── Data section ──
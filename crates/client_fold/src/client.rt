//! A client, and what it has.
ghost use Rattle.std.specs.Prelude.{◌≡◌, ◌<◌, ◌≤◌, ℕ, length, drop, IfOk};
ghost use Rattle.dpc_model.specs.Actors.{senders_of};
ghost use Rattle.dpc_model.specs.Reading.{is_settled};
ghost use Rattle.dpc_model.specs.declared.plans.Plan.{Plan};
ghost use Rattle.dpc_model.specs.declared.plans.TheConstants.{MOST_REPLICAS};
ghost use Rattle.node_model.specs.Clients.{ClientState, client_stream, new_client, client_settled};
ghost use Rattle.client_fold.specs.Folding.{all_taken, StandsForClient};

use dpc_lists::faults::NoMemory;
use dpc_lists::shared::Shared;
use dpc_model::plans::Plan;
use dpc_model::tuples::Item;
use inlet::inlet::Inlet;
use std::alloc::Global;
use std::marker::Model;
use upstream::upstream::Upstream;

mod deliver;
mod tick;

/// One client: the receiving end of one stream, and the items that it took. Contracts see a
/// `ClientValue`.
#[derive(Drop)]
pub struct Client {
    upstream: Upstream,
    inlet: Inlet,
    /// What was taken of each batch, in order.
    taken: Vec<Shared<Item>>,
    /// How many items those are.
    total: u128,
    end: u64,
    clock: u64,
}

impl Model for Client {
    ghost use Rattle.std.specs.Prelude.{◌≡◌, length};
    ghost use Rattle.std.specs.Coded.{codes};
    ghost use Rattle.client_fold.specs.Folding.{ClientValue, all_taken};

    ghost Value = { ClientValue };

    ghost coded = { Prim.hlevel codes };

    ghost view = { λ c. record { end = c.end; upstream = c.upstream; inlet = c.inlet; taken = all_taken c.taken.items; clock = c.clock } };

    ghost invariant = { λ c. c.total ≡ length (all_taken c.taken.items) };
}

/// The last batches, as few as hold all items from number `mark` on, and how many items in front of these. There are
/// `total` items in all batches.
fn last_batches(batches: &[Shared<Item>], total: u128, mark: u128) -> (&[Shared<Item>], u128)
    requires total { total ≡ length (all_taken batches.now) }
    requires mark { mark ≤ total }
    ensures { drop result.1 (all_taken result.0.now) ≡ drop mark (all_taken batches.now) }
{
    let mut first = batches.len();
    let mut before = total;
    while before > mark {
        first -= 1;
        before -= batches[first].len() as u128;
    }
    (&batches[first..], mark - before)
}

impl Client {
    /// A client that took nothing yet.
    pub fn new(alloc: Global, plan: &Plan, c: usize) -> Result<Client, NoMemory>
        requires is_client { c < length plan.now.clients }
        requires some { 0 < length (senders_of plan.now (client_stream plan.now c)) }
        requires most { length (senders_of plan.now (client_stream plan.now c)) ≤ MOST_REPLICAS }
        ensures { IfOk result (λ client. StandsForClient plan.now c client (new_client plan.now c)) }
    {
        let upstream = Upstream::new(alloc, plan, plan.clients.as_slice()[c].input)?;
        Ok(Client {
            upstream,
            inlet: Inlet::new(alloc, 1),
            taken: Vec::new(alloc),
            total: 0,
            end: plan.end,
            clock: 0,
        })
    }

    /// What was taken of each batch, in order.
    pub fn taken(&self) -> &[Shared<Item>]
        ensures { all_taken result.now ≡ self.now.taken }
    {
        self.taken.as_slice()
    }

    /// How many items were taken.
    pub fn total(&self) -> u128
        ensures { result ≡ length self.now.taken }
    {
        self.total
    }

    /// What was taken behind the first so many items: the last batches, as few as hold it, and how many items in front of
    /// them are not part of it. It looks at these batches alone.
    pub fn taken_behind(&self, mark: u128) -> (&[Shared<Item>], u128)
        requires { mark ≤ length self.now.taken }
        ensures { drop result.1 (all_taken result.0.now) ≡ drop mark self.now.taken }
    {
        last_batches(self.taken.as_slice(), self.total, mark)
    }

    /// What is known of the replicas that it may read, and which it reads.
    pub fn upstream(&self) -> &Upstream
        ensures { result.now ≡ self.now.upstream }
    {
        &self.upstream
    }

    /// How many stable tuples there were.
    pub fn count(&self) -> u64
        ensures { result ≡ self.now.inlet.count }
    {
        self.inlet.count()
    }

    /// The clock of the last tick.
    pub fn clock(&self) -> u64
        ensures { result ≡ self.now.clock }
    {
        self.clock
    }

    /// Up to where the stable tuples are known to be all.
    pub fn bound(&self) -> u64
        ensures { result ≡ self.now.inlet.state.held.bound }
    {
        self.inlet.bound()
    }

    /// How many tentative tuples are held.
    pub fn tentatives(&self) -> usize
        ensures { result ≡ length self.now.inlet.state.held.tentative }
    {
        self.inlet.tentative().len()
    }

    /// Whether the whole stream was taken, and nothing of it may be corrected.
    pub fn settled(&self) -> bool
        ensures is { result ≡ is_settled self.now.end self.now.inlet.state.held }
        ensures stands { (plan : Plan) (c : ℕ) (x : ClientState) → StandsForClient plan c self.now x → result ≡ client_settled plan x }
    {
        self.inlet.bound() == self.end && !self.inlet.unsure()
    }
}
───
(Prompt)
Copy out each line of the entries where the word "Global" is found.

(Exercise solution)
use std::alloc::Global;
    pub fn new(alloc: Global, plan: &Plan, c: usize) -> Result<Client, NoMemory>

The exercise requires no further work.